1-6月のIPOは過去最高 ネット関連の第2世代登場

2005/07/18 16:04

週刊BCN 2005年07月18日vol.1097掲載

一部に公募価格割れや上場廃止も

 IPO(株式新規公開)人気が続いている。今年1-6月に新興3市場(ジャスダック、東証マザーズ、大証ヘラクレス)への新規公開は64社。半期ベースでは過去最高を記録した。

 外食、絵画オークション、リサイクルなどさまざまな業界の企業が上場したが、大きな勢力はインターネット関連企業。ヤフー、楽天などに続く第2世代の登場が話題を提供した。

 その筆頭が3月に上場したガンホー・オンライン。ネット上でのオンラインゲームを運営、会員数は80万人を数えて国内最大級。会長の孫泰蔵氏は孫正義氏の弟ということも話題に。公募価格120万円に対して初値は420万円、一時2300万円台まで上昇する異常人気。上場直後に急騰した銘柄はその後失速するケースが多いが、ガンホーの6月末株価は1500万円台と健闘。時価総額は2400億円台と大証ヘラクレス市場でトップだ。他のオンラインゲーム株、いわゆる“萌え”関連株の人気にも火を付けたという意味で今年最大の話題企業だろう。

 飲食店情報サイト運営のぐるなび、オークション・ショッピングサイト「ビッダーズ」運営のディーエヌエー、GMOの子会社で電子商取引のカード決済代行を行うGMOペイメントも公募価格を大きく上回る初値を付ける人気となった。

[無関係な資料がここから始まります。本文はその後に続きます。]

// The tables of a hindsight run in the grid of a table.
#![tactic(auto)]

ghost use Rattle.std.specs.Prelude.{◌≡◌, ◌≤◌};
ghost use Rattle.rules.specs.Hindsight.{most_settings};
ghost use Rattle.hindsight_places.specs.Places.{LastYear};
ghost use Rattle.hindsight_cells.specs.Cells.{Shown};
ghost use Rattle.hindsight_grid.specs.Grid.{grid_values, grid_styles};

use hindsight_cells::{cell_style, cell_value, columns_of, rows_of};
use rules::{MOST_HINDSIGHT, MOST_SETTINGS};
use table_cells::MOST_PLACES;

// The values of table t.
pub fn grid_values(
    list: &[i64; MOST_HINDSIGHT],
    settings: &[u64; MOST_SETTINGS],
    k: usize,
    n: usize,
    a: usize,
    t: usize,
) -> [i64; MOST_PLACES]
    requires { Shown list.now settings.now k n a }
    ensures { result ≡ grid_values list.now settings.now k n a t }
{
    let columns = columns_of(t, k, n);
    let places = rows_of(t, k, n) * columns;
    let mut values = [0i64; MOST_PLACES];
    for p in 0..places {
        values[p] = cell_value(list, settings, k, n, a, t, p / columns, p % columns);
    }
    values
}

// Its styles.
pub fn grid_styles(list: &[i64; MOST_HINDSIGHT], k: usize, n: usize, t: usize) -> [u8; MOST_PLACES]
    requires { LastYear k × (n ≤ most_settings) }
    ensures { result ≡ grid_styles list.now k n t }
{
    let columns = columns_of(t, k, n);
    let places = rows_of(t, k, n) * columns;
    let mut styles = [0u8; MOST_PLACES];
    for p in 0..places {
        styles[p] = cell_style(list, k, n, t, p / columns, p % columns);
    }
    styles
}
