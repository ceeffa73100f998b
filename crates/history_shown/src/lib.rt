// The theorem of what a history's page and its comma-separated values show (proofs/): the entries of each position.
#![tactic(auto)]
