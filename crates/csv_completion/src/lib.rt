// The future levels, the payments, the provisions and their total as comma-separated values in a lent buffer.
#![tactic(auto)]

ghost use Rattle.std.specs.Prelude.{◌≡◌, ◌<◌};
ghost use Rattle.composing.specs.Text.{Put};
ghost use Rattle.listing.specs.Starts.{starts_of};
ghost use Rattle.csv_completion.specs.Completion.{completion_lines};

use csv_rows::{by_itself, by_origin, by_year, future_cells, put_section};
use listing::Starts;
use rules::MOST_ENTRIES;

// The future levels, the payments, the provisions and their total.
pub fn put_completion(
    out: &mut [u8],
    at: usize,
    list: &[i64; MOST_ENTRIES],
    k: usize,
    places: Starts,
) -> usize
    requires { (k < 16) × (places ≡ starts_of k) }
    ensures { Put out.old out.new at result (completion_lines k list.now) }
{
    let a = put_section(
        out,
        at,
        list,
        b"future level",
        b"hundredths a claim",
        by_year(k + 1, k),
        places.ahead,
    );
    let b = put_section(
        out,
        a,
        list,
        b"payment",
        b"currency units",
        future_cells(k),
        places.payments,
    );
    let c = put_section(
        out,
        b,
        list,
        b"provision",
        b"currency units",
        by_origin(k),
        places.provisions,
    );
    put_section(
        out,
        c,
        list,
        b"total provision",
        b"currency units",
        by_itself(),
        places.provision,
    )
}
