//! Laws of the definitions that the contracts of this crate cite. No program calls them.
ghost use Rattle.upscmd.specs.Forms.{EachFormAsksForItsJob};

/// `upscmd` takes the words of each of its forms, and does that form's job: of `upscmd -l su` and
/// of `upscmd -u a -p b su test.battery.start`, with a value or none, tracked or not. A command
/// with `-l`, or without a user, asks for nothing.
pub fn each_form_asks_for_its_job()
    ensures { EachFormAsksForItsJob }
{}
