//! upscmd: the commands of a UPS, and doing one (upscmd(8)).
#![tactic(auto)]

ghost use Rattle.nutclient.specs.declared.program.Program.TheVariants as program;
ghost use Rattle.std.specs.Prelude.{◌≡◌, option_and_then};
ghost use Rattle.nutclient.specs.Job.{job_of, text_in};
ghost use Rattle.upscmd.specs.Words.{IsAsked, asked, upscmd_words};

mod laws;

use clap::ArgMatches;
use nutargs::{Word, words};
use nutclient::{Client, Given, Program, Sender, main_of};
use std::process::ExitCode;

fn main(rt: HostRuntime) -> ExitCode {
    main_of::<Upscmd>(&rt)
}

/// Its words.
static WORDS: [Word; 8] = words! {
    "l": ShortFlag('l'), Free, "List the commands of the UPS";
    "u": ShortOption('u', "USER"), Free, "The user's name";
    "p": ShortOption('p', "PASS"), Free, "The user's password";
    "password-file": LongOption("FILE"), Free, "The file of the user's password";
    "track": LongFlag, Free, "Track the order, and print its id instead of OK";
    "UPS": Operand("UPS"), Required, "The UPS, as ups[@host[:port]]";
    "CMD": Operand("CMD"), Free, "The command to send";
    "VALUE": Operand("VALUE"), Free, "A value for the command";
};

/// The program.
struct Upscmd;

impl Client for Upscmd {
    ghost PROGRAM = { program.Upscmd };

    ghost words = { upscmd_words };

    ghost asks = { IsAsked };

    const PROGRAM: Program = Program::Upscmd;

    const ABOUT: &'static str = "Lists the commands of a UPS, or sends one (RFC 9271)";

    const EXAMPLE: &'static str =
        "Example: upscmd -u admin -p change-me su@localhost test.battery.start";

    fn words() -> &'static [Word] {
        &WORDS
    }

    fn given<'a>(found: &ArgMatches<'a>) -> Option<Given<'a>> {
        let (lists, track) = (found.get_flag("l"), found.get_flag("track"));
        let (user, password) = (found.get_str("u"), found.get_str("p"));
        let (name, value) = (found.get_str("CMD"), found.get_str("VALUE"));
        let ups = found.get_str("UPS")?;
        // The password of the first file stands after -p.
        if found.get_str("password-file").is_some() {
            return None;
        }
        asked(lists, track, user, password, name, value, ups)
    }
}

/// What is asked for of a UPS, by whether -l and --track are there, by what follows -u and -p, and
/// by CMD and VALUE.
fn asked<'a>(
    lists: bool,
    track: bool,
    user: Option<&'a str>,
    password: Option<&'a str>,
    name: Option<&'a str>,
    value: Option<&'a str>,
    ups: &'a str,
) -> Option<Given<'a>>
    ensures { option_and_then job_of result ≡ asked lists track None (text_in user.entry)
        (text_in password.entry) (text_in name.entry) (text_in value.entry) ups.now }
{
    if lists {
        let has_more = track || user.is_some() || password.is_some() || name.is_some();
        return if has_more {
            None
        } else {
            Some(Given::Commands(ups))
        };
    }
    let by = Sender {
        user: user?,
        password: password?,
        track,
    };
    Some(Given::Command {
        ups,
        name: name?,
        value,
        by,
    })
}
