//! The walk as what follows derivations.

ghost use Rattle.std.specs.Prelude.{◌≡◌, ◌-◌, suc, length};
ghost use Rattle.derivation_walk.specs.Followings.{followed_as};

use fit_blocks::Unmet;
use fit_walk::follow_whole;
use nres_core::Flat;
use proof_check::{Followed, Follower};
use proof_text::ProofLine;
use std::alloc::{AllocError, Global};
use target_code::Program;

/// Follows derivations of specifications without branches, bind by bind.
pub struct DerivationWalk;

/// The line, counted from 1, behind those that were found, where these are left of all lines.
fn unmet_line(lines: &[ProofLine], left: &[ProofLine]) -> u64
    ensures { result ≡ suc (length lines.now - length left.now) }
{
    lines.len().saturating_sub(left.len()) as u64 + 1
}

/// What following lines came to.
fn followed(lines: &[ProofLine], said: Result<u64, Unmet<'_>>) -> Followed
    ensures { result ≡ followed_as (length lines.now) said.entry }
{
    match said {
        Ok(branches) => Followed::Found(branches),
        Err(unmet) => Followed::Unmet(unmet_line(lines, unmet.lines)),
    }
}

impl Follower for DerivationWalk {
    fn follow(
        alloc: Global,
        flat: &Flat,
        program: &Program,
        lines: &[ProofLine],
    ) -> Result<Followed, AllocError> {
        let said = follow_whole(alloc, flat, program.procs.as_slice(), lines)?;
        Ok(followed(lines, said))
    }
}
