//! What is sound for the flat tree of a text is sound for the text.
#![tactic(auto)]

pub mod laws;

 もっとも、年間100社以上が上場するだけに、すべてが人気を集めるとは限らない。バイオ関連のエフェクター細胞研究所は公募価格割れで初値を付けた後、いまだに公募価格を上回っていない。ベンチャーキャピタルの大量売りが株価下落の直接の要因とはいえ、主幹事証券の審査能力も問題視された。03年に東証マザーズに上場したゼクーは上場当初から会社は内紛続きで、業績悪化からこのほど上場廃止が決定した。新興市場は玉石混淆ということを認識する必要がありそうだ。(有賀勝久)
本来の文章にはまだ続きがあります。